// New lists of words.

ghost use Rattle.std.specs.Prelude.{◌≡◌, IfOk, replicate};

use shq_base::NoMemory;
use std::alloc::Global;

/// A list of `len` words, each of which is `word`.
pub fn repeat_word(alloc: Global, word: u64, len: usize) -> Result<Vec<u64>, NoMemory>
    ensures { IfOk result (λ made. made.items ≡ replicate len word) }
{
    Ok(vec![in alloc; word; len]?)
}

/// The same words once more.
pub fn copy_words(alloc: Global, words: &[u64]) -> Result<Vec<u64>, NoMemory>
    ensures { IfOk result (λ made. made.items ≡ words.now) }
{
    Ok(words.to_vec(alloc)?)
}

──────

• _Work instructions_: Your job is to reproduce the data in full, with every line intact.

• _Written answer_:
// New lists of words.

ghost use Rattle.std.specs.Prelude.{◌≡◌, IfOk, replicate};

use shq_base::NoMemory;
use std::alloc::Global;

/// A list of `len` words, each of which is `word`.
pub fn repeat_word(alloc: Global, word: u64, len: usize) -> Result<Vec<u64>, NoMemory>
    ensures { IfOk result (λ made. made.items ≡ replicate len word) }
{
    Ok(vec![in alloc; word; len]?)
}

/// The same words once more.
pub fn copy_words(alloc: Global, words: &[u64]) -> Result<Vec<u64>, NoMemory>
    ensures { IfOk result (λ made. made.items ≡ words.now) }
{
    Ok(words.to_vec(alloc)?)
}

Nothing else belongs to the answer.